Apartao
Merengue open-break separation
MerengueLevel: Beginner1 min read3 citations
See it danced
Video demo
Apartao is a merengue partner figure in which the couple moves briefly away from one another while keeping a joined handhold, then returns to the prior partnered frame; English-language instruction often glosses the same action as an open break.[1] It sits on merengue’s steady two-step pulse, with each partner continuing to step on every beat and using the knees and hips to keep the characteristic grounded sway rather than pausing in the separation.[2] In a common eight-count teaching frame, the leader steps away on the left as the follower steps away on the right, each moving back from the partner on the first beat, then both recover distance and rejoin over the remaining beats. The figure is not a turn: the bodies usually remain square, with only small frame adjustments needed to preserve elastic hand contact. Its vocabulary belongs to social merengue’s broader Dominican-derived partner practice, which spread through Dominican communities and popular dance instruction beyond the island, including New York and Miami.[3]
How it's danced
Lead and follow cues
CountMerengue eight-count teaching frame: 1-2-3-4 separate while stepping on every beat; 5-6-7-8 return while stepping on every beat. The figure may also be shortened to a four-count apart-and-return phrase in social dancing.
Lead
From closed or open two-hand position, keep the merengue step on every beat. On 1, step away from the follower on the left foot, allowing the connected hand or hands to lengthen without pulling. On 2-4, continue small in-place or retreating steps while keeping the torso square and the arm elastic. On 5, begin returning toward the follower; on 6-8, close the distance and re-form the prior frame, with no intended turn and no slot exchange.
Follow
From closed or open two-hand position, keep the merengue step on every beat. On 1, step away from the leader on the right foot, matching the distance of the lead without collapsing the arm. On 2-4, continue compact steps with the torso facing the leader and the hand connection lightly stretched. On 5, begin returning toward the leader; on 6-8, close the distance and settle back into the prior frame, with no intended turn and no slot exchange.

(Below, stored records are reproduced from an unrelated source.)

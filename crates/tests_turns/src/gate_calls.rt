//! The calls of a gate: one in each turn whose zone was claimed, before the decision,
//! with the turn's caller and number.
ghost use Rattle.std.specs.Prelude.{◌≡◌, IfOk};
ghost use Rattle.claim_rule.specs.Seating.{AreOf};
ghost use Rattle.claim_rule.specs.Tokens.{IsOf, number_in};

use crate::fixtures::turn_of;
use crate::runs::{WAYS, Way, report_of};
use activation::Gate;
use amoebot_state::{Decider, Found, Verdict};
use claim_core::{Lists, Mark, Marks};
use claim_rule::{Field, Seat, Seats};
use small_worlds::{Idler, Marker, lists_of, standing, world_in};
use std::alloc::Global;
use std::process::Abort;
use std::sync::Wait;
use std::sync::atomic::{AtomicU64, Ordering};
use std::test::Fail;
use std::thread;
use std::thread::Threads;
use tests_claims::{field_of, seat_of};

/// Is idle. It counts its decisions, and those that did not come right behind a call of the gate.
#[derive(Drop)]
struct Watching {
    open: AtomicU64,
    decisions: AtomicU64,
    mistakes: AtomicU64,
}

impl Watching {
    fn new() -> Watching {
        Watching {
            open: AtomicU64::new(0),
            decisions: AtomicU64::new(0),
            mistakes: AtomicU64::new(0),
        }
    }

    /// So many decisions were made, each behind one call of the gate.
    fn has_seen(&self, decisions: u64) -> bool {
        self.open.load(Ordering::SeqCst) == 0
            && self.decisions.load(Ordering::SeqCst) == decisions
            && self.mistakes.load(Ordering::SeqCst) == 0
    }
}

impl Decider for Watching {
    ghost use Rattle.std.proofs.Common.{subst};
    ghost use Rattle.amoebot_state.specs.declared.verdict.Verdict.{Verdict};
    ghost use Rattle.amoebot_state.specs.declared.verdict.Verdict.TheVariants as verdict;

    ghost verdict = { λ _ _. verdict.Idle };

    ghost is_lawful = { λ _ c i change h.
        let Stays : Verdict → Type 0 = λ v.
        elim v [ verdict.Idle ↦ Unit {0} | verdict.Failed _ ↦ Unit {0} | verdict.Change _ ↦ ⊥ ] in
        absurd (subst Stays h.decided tt) };

    fn decide(&self, _found: &Found) -> Verdict {
        self.decisions.fetch_add(1, Ordering::SeqCst);
        if self.open.swap(0, Ordering::SeqCst) != 1 {
            self.mistakes.fetch_add(1, Ordering::SeqCst);
        }
        Verdict::Idle
    }
}

/// The gate before the decisions of this decider.
#[derive(Drop)]
struct Before<'a> {
    decider: &'a Watching,
}

impl Gate for Before<'_> {
    fn claimed(&self, _caller: u8, _turn: u32) {
        if self.decider.open.swap(1, Ordering::SeqCst) != 0 {
            self.decider.mistakes.fetch_add(1, Ordering::SeqCst);
        }
    }
}

/// Makes two turns of the seat. In each the gate is called once, and then the decision is made.
fn decides_behind_the_gate<R: Wait + Abort>(
    rt: &R,
    field: &Field<'_, Watching>,
    lists: &Lists,
    seat: Seat<Watching>,
) -> Result<(), Fail>
    requires of { IsOf field.now seat }
    requires lists { field.now.terms.lists ≡ lists.now }
{
    let decider = field.decider();
    let gate = Before { decider };
    let (seat, first) = turn_of(rt, field, lists, &gate, seat)?;
    assert!(rt; first.mark() == Mark::Idle { place: 0 } && decider.has_seen(1));
    let (_seat, second) = turn_of(rt, field, lists, &gate, seat)?;
    assert!(rt; second.mark() == Mark::Idle { place: 0 } && decider.has_seen(2));
    Ok(())
}

#[test]
fn each_decision_comes_right_behind_the_gate(rt: HostRuntime) -> Result<(), Fail> {
    let alloc = rt.alloc();
    let decider = Watching::new();
    let world = world_in(alloc, 8, 8, &[standing(2, 3, 0)])?;
    let lists = lists_of(alloc, 2, &world, &[&[0]])?;
    let (field, mut seats) = field_of(alloc, &decider, world, &lists)?;
    let seat = seat_of(&field, &mut seats, 0)?;
    decides_behind_the_gate(&rt, &field, &lists, seat)
}

/// A gate that notes its calls, each as two digits: the caller's number, from 1 on, and the turn.
#[derive(Drop)]
struct Noting {
    calls: AtomicU64,
}

impl Gate for Noting {
    fn claimed(&self, caller: u8, turn: u32) {
        let call = 10 * (u64::from(caller) + 1) + u64::from(turn);
        let before = self.calls.load(Ordering::SeqCst);
        let now = before.wrapping_mul(100).wrapping_add(call);
        self.calls.store(now, Ordering::SeqCst);
    }
}

/// Two callers make two turns each, in turn. The gate notes caller and turn of each.
fn notes_each_turn<R: Wait + Abort>(
    rt: &R,
    field: &Field<'_, Idler>,
    lists: &Lists,
    zero: Seat<Idler>,
    one: Seat<Idler>,
) -> Result<(), Fail>
    requires zero { IsOf field.now zero }
    requires one { IsOf field.now one }
    requires lists { field.now.terms.lists ≡ lists.now }
{
    let gate = Noting {
        calls: AtomicU64::new(0),
    };
    let zero = seat_behind(rt, field, lists, &gate, zero)?;
    let one = seat_behind(rt, field, lists, &gate, one)?;
    assert!(rt; gate.calls.load(Ordering::SeqCst) == 1020);
    seat_behind(rt, field, lists, &gate, one)?;
    seat_behind(rt, field, lists, &gate, zero)?;
    assert!(rt; gate.calls.load(Ordering::SeqCst) == 10_202_111);
    Ok(())
}

/// The seat behind its next turn.
fn seat_behind<R: Wait>(
    rt: &R,
    field: &Field<'_, Idler>,
    lists: &Lists,
    gate: &Noting,
    seat: Seat<Idler>,
) -> Result<Seat<Idler>, Fail>
    requires of { IsOf field.now seat }
    requires lists { field.now.terms.lists ≡ lists.now }
    ensures { IfOk result (λ after. IsOf field.now after) }
{
    let (after, _) = turn_of(rt, field, lists, gate, seat)?;
    Ok(after)
}

/// The same with the two seats, which nobody has taken yet.
fn both_are_noted<R: Wait + Abort>(
    rt: &R,
    field: &Field<'_, Idler>,
    lists: &Lists,
    seats: &mut Seats<Idler>,
) -> Result<(), Fail>
    requires of { AreOf field.now seats.old }
    requires lists { field.now.terms.lists ≡ lists.now }
{
    let zero = seat_of(field, seats, 0)?;
    let one = seat_of(field, seats, 1)?;
    notes_each_turn(rt, field, lists, zero, one)
}

#[test]
fn the_gate_is_told_caller_and_turn(rt: HostRuntime) -> Result<(), Fail> {
    let alloc = rt.alloc();
    let bots = [standing(1, 1, 0), standing(6, 6, 0), standing(6, 1, 0)];
    let world = world_in(alloc, 8, 8, &bots)?;
    // No turn has the number of its amoebot, nor has its caller.
    let lists = lists_of(alloc, 2, &world, &[&[2, 2], &[2, 0]])?;
    let (field, mut seats) = field_of(alloc, &Idler, world, &lists)?;
    both_are_noted(&rt, &field, &lists, &mut seats)
}

/// A gate that notes which turns of four callers came, and how many calls there were.
/// It lets other threads go first, so that zones are held for a while.
#[derive(Drop)]
struct Register {
    calls: AtomicU64,
    came: [AtomicU64; 4],
}

impl Gate for Register {
    fn claimed(&self, caller: u8, turn: u32) {
        self.calls.fetch_add(1, Ordering::SeqCst);
        if let Some(turns) = self.came.get(usize::from(caller)) {
            turns.fetch_or(1 << (turn % 64), Ordering::SeqCst);
        }
        for _time in 0..20 {
            thread::yield_now();
        }
    }
}

impl Register {
    fn new() -> Register {
        Register {
            calls: AtomicU64::new(0),
            came: [
                AtomicU64::new(0),
                AtomicU64::new(0),
                AtomicU64::new(0),
                AtomicU64::new(0),
            ],
        }
    }

    /// Whether this turn came.
    fn has(&self, caller: u8, turn: u32) -> bool {
        match self.came.get(usize::from(caller)) {
            Some(turns) => (turns.load(Ordering::SeqCst) >> (turn % 64)) % 2 == 1,
            None => false,
        }
    }

    /// Each turn that is not Busy came, of twelve for each caller, and no other did.
    fn is_of(&self, marks: &Marks) -> bool {
        let mut calls: u64 = 0;
        for caller in 0..marks.callers() {
            if marks.count(caller) != 12 {
                return false;
            }
            for turn in 0..marks.count(caller) {
                let is_busy = matches!(marks.mark(caller, turn), Mark::Busy { .. });
                if self.has(caller, turn) == is_busy {
                    return false;
                }
                calls = calls.saturating_add(u64::from(!is_busy));
            }
        }
        self.calls.load(Ordering::SeqCst) == calls
    }
}

/// In a run of four workers on three amoebots in a row,
/// each turn that is not Busy comes to the gate, and no other does.
fn come_to_the_gate<R: Abort + Threads + Wait + Sync>(
    rt: &R,
    alloc: Global,
    way: Way,
) -> Result<(), Fail> {
    let bots = [standing(2, 3, 0), standing(3, 3, 0), standing(4, 3, 0)];
    let ids: &[&[u16]] = &[&[0, 1, 2], &[1, 2], &[2, 0, 1], &[1]];
    let gate = Register::new();
    let report = report_of(rt, alloc, way, &Marker, &bots, 12, ids, &gate)?;
    let marks = &report.turns;
    assert!(rt; marks.callers() == 4 && gate.is_of(marks));
    Ok(())
}

/// In twenty runs by each way.
#[test]
fn each_turn_that_is_not_busy_comes_to_the_gate_once(rt: HostRuntime) -> Result<(), Fail> {
    for _run in 0..20 {
        for way in WAYS {
            come_to_the_gate(&rt, rt.alloc(), way)?;
        }
    }
    Ok(())
}

/// In both turns the gate is called once, and then the decision is made.
#[test]
fn workers_decide_right_behind_the_gate(rt: HostRuntime) -> Result<(), Fail> {
    for way in WAYS {
        let decider = Watching::new();
        let gate = Before { decider: &decider };
        let bots = [standing(2, 3, 0)];
        report_of(&rt, rt.alloc(), way, &decider, &bots, 2, &[&[0]], &gate)?;
        assert!(rt; decider.has_seen(2));
    }
    Ok(())
}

Song timingFits steady social merengue in 2/4 or 4/4 feel. Comfortable at moderate-to-brisk social tempos when the separation stays compact; very fast tracks require a smaller apartao with less arm extension.
Learn first
Prerequisites
- Merengue basic step
- Closed hold and open two-hand hold
- Elastic hand connection
- Ability to maintain timing while changing distance
Watch out
Common mistakes
- Breaking the merengue pulse by stopping in the separated position instead of stepping through every beat.
- Pulling the partner away with the arms rather than creating a small shared retreat through body weight and foot placement.
- Letting the joined arm fully lock, which removes elasticity and makes the return abrupt.
- Turning the apartao into a cross-body or underarm turn even though the base figure is a square-facing separation and return.
- Separating too far for the music or floorcraft, making the rejoin late on counts 6-8.
Don't confuse with
Easily confused moves
- Salsa open break: a related separation idea, but organized around salsa break counts rather than merengue's step-on-every-beat pulse.
- Cross-body lead: not the same figure, because apartao does not exchange places through a slot.
- Apartada as a generic Spanish word for separation: in this card it refers specifically to the attested merengue open-break move.
- Solo merengue styling break: apartao remains a partnered figure with maintained hand contact.
Around the world
Other names
Dominican merengue / Spanish-language instruction
Apartao
Attested spelling for the merengue open-break separation.
Spanish-language merengue instruction
Apartada
Attested variant name for the same brief separation-and-return action.
English-language studio merengue instruction
Open break
Functional English gloss used for the same partnered separation while maintaining hand contact.
References
How to cite this article
Choose a style and copy the citation.
Bailar Editorial Team. (2026). Apartao. Bailar Biblioteca. Retrieved July 4, 2026, from https://getbailar.com/biblioteca/move/merengue-apartao
Bailar Editorial Team. “Apartao.” Bailar Biblioteca, 2026, getbailar.com/biblioteca/move/merengue-apartao. Accessed 4 July 2026.
Bailar Editorial Team. “Apartao.” Bailar Biblioteca. Accessed July 4, 2026. https://getbailar.com/biblioteca/move/merengue-apartao.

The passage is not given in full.